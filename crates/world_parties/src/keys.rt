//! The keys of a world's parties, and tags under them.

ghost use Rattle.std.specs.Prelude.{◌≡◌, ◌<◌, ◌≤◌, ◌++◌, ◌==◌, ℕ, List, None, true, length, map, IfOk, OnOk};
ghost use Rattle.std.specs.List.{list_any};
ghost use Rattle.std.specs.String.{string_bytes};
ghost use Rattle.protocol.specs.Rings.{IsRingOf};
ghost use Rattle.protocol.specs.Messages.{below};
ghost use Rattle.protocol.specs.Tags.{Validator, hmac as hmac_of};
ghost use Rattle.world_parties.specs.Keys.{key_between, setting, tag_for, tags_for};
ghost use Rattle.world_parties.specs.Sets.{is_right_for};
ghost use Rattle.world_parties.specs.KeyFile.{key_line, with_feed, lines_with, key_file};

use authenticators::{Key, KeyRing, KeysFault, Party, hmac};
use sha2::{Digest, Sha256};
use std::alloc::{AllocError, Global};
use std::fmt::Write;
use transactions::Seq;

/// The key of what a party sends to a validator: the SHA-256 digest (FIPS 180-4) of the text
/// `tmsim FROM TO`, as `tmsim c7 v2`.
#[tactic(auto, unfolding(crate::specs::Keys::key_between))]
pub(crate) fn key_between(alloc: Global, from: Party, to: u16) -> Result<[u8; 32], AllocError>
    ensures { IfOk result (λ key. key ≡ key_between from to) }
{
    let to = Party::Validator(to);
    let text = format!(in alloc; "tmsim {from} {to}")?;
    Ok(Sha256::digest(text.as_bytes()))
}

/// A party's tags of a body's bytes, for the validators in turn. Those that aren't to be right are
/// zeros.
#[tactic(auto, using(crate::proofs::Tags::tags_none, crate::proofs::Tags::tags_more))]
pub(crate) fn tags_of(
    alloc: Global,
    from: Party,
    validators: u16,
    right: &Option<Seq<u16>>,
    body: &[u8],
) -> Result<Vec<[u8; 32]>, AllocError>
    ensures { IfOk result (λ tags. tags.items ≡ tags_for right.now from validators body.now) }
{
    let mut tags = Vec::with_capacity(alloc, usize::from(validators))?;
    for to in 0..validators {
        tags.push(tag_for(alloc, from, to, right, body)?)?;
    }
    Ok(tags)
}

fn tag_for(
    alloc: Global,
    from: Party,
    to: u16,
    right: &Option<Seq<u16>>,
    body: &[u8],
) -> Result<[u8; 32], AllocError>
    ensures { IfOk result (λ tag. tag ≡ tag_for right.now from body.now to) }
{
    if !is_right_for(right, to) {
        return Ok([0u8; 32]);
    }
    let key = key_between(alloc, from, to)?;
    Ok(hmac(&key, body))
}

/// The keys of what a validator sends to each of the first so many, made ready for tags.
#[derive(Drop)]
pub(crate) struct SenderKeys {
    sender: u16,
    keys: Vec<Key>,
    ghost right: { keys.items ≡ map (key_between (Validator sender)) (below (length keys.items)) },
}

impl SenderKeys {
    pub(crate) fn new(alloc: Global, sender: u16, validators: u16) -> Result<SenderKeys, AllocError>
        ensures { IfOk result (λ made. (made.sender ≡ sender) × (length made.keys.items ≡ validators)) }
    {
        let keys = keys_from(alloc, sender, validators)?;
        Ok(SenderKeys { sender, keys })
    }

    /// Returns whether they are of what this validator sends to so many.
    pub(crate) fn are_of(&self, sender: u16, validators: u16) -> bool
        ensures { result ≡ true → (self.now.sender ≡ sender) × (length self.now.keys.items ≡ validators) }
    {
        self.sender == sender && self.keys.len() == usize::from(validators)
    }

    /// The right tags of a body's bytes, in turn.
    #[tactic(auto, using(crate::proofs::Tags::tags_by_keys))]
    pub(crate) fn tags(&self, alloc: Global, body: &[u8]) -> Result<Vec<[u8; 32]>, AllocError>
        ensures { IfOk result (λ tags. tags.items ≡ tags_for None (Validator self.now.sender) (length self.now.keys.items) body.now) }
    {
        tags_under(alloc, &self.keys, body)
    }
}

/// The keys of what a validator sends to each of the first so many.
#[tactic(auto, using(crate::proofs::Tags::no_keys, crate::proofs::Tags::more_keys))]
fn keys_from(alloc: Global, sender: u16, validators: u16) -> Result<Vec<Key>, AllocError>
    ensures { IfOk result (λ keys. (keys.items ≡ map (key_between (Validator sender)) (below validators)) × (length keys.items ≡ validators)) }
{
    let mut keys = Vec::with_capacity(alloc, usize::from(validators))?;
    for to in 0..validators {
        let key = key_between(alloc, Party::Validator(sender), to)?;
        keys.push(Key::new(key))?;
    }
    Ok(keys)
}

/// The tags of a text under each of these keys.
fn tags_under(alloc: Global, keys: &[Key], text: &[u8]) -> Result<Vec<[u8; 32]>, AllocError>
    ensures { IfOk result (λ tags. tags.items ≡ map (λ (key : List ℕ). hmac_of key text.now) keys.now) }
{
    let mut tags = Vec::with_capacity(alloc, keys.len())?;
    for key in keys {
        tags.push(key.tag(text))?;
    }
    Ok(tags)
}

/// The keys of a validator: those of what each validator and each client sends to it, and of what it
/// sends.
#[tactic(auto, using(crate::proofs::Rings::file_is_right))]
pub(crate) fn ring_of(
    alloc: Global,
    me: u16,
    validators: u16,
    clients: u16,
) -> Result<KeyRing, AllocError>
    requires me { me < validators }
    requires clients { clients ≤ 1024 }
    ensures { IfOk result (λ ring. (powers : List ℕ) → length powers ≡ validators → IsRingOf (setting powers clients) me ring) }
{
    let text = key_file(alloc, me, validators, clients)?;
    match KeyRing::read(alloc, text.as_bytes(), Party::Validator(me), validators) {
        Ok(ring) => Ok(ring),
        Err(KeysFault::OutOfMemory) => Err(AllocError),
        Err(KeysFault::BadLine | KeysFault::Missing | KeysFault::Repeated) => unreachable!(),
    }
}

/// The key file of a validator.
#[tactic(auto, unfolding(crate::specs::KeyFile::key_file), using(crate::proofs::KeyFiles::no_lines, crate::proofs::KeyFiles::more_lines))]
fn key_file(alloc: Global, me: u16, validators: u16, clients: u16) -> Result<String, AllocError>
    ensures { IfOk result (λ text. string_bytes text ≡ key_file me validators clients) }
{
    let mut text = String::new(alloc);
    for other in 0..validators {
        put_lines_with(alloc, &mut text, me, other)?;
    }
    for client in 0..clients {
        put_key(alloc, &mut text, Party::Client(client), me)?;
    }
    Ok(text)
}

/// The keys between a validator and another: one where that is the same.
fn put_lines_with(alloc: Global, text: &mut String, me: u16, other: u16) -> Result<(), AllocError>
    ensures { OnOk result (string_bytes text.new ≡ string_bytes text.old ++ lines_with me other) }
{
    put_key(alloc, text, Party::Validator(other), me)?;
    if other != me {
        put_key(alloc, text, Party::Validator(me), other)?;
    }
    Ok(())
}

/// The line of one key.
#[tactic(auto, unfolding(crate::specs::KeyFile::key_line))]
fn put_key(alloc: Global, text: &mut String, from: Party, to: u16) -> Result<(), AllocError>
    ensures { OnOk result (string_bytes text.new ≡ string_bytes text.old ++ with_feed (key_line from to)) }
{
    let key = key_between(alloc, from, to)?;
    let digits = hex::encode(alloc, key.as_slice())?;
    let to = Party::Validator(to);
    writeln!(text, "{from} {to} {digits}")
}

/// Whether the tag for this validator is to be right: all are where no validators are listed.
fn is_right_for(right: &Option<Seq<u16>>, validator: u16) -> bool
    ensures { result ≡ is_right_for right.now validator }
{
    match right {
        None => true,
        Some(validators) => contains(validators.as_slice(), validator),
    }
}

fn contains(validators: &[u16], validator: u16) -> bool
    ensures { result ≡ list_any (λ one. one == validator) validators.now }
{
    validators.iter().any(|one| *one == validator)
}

* * *

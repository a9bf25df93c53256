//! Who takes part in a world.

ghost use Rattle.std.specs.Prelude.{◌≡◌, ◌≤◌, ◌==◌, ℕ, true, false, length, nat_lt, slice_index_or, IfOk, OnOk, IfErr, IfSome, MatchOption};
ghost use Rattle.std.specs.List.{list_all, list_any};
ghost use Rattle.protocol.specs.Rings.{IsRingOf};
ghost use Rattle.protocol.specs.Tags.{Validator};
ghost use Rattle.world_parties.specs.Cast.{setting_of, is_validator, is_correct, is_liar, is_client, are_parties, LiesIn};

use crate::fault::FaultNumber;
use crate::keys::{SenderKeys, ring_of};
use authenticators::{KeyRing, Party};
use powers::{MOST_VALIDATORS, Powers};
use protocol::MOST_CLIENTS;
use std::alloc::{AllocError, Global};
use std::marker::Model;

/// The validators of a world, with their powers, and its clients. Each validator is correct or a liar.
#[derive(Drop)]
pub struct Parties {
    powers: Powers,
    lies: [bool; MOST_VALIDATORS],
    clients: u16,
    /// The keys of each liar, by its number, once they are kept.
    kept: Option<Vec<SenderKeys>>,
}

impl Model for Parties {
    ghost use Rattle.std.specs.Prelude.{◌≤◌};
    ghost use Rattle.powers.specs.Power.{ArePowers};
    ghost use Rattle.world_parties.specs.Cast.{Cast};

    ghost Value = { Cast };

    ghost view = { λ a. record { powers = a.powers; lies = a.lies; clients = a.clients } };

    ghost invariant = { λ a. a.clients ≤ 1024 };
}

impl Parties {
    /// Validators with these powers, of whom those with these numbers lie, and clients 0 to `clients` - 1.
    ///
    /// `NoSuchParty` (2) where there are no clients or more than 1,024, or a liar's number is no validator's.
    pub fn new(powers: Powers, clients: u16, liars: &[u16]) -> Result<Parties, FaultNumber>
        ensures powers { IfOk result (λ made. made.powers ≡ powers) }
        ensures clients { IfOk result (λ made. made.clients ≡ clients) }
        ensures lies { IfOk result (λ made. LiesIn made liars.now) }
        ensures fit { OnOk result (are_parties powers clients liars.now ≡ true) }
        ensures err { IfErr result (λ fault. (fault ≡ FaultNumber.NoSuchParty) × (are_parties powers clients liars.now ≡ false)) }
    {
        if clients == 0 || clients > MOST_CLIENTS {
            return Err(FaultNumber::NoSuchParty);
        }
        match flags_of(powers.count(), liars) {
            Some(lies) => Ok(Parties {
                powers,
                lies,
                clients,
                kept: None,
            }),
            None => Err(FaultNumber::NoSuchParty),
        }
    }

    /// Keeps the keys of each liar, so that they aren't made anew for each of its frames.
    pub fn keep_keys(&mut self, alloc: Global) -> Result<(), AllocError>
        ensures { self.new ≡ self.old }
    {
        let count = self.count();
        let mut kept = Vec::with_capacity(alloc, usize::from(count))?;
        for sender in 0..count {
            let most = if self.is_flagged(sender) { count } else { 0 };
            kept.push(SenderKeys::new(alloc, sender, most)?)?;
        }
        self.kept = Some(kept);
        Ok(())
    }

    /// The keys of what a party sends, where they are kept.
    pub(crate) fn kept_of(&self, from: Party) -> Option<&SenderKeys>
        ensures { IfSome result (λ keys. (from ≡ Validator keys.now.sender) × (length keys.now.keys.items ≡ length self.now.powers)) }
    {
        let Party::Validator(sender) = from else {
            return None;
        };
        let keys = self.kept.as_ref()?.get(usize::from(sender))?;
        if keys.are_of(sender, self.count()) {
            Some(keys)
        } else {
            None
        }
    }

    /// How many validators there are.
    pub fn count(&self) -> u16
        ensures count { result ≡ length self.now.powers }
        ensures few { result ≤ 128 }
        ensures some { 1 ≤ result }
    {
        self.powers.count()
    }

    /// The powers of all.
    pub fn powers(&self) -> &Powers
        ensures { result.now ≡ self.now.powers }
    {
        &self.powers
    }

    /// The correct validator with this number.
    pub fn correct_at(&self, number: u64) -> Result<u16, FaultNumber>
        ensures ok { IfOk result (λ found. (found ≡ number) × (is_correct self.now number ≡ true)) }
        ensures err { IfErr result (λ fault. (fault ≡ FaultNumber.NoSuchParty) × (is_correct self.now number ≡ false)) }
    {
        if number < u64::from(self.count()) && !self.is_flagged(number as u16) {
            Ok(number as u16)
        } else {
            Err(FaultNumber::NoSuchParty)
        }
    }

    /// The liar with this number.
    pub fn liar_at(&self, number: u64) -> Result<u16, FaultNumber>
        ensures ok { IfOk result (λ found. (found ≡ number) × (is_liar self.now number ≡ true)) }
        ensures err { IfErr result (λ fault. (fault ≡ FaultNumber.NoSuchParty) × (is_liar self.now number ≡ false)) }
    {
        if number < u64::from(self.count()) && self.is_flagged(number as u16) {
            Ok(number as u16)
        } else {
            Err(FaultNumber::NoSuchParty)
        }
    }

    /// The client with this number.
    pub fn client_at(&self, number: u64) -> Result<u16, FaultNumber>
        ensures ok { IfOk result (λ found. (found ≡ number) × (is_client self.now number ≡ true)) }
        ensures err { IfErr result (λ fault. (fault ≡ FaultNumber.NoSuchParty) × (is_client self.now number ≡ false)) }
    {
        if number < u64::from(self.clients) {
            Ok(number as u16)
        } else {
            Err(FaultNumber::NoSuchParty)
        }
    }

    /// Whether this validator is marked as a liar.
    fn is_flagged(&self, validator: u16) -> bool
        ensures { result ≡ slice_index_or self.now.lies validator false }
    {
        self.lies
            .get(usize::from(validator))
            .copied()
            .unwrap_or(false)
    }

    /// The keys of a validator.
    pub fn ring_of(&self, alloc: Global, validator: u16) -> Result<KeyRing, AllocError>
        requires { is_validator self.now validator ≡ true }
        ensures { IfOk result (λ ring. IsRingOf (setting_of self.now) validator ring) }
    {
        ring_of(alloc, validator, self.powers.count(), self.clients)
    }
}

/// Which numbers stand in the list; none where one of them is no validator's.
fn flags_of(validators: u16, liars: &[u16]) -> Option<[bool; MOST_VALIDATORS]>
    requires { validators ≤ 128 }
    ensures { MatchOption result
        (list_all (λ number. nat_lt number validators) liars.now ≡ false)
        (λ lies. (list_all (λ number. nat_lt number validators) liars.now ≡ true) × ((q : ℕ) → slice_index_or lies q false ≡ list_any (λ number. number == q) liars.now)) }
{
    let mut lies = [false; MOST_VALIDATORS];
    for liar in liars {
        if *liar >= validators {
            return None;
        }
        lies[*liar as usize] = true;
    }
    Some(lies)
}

* * *

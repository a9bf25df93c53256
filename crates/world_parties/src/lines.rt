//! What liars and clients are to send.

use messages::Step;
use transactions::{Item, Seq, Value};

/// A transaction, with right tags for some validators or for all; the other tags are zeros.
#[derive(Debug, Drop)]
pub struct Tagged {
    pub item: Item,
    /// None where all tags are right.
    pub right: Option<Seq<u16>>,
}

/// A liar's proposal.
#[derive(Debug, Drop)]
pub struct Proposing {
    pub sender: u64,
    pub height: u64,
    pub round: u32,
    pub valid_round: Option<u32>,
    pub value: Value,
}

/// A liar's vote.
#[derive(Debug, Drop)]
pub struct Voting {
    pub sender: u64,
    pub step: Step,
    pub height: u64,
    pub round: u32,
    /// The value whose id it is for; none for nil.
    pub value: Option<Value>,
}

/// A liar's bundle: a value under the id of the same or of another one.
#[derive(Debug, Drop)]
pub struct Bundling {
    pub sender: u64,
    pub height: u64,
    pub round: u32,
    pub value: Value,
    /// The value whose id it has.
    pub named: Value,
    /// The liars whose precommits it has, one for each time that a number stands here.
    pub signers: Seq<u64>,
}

* * *

TASK TO CARRY OUT:
For the word "Model", show every line of the entries that holds it.

WORKED SOLUTION:
use std::marker::Model;
impl Model for Parties {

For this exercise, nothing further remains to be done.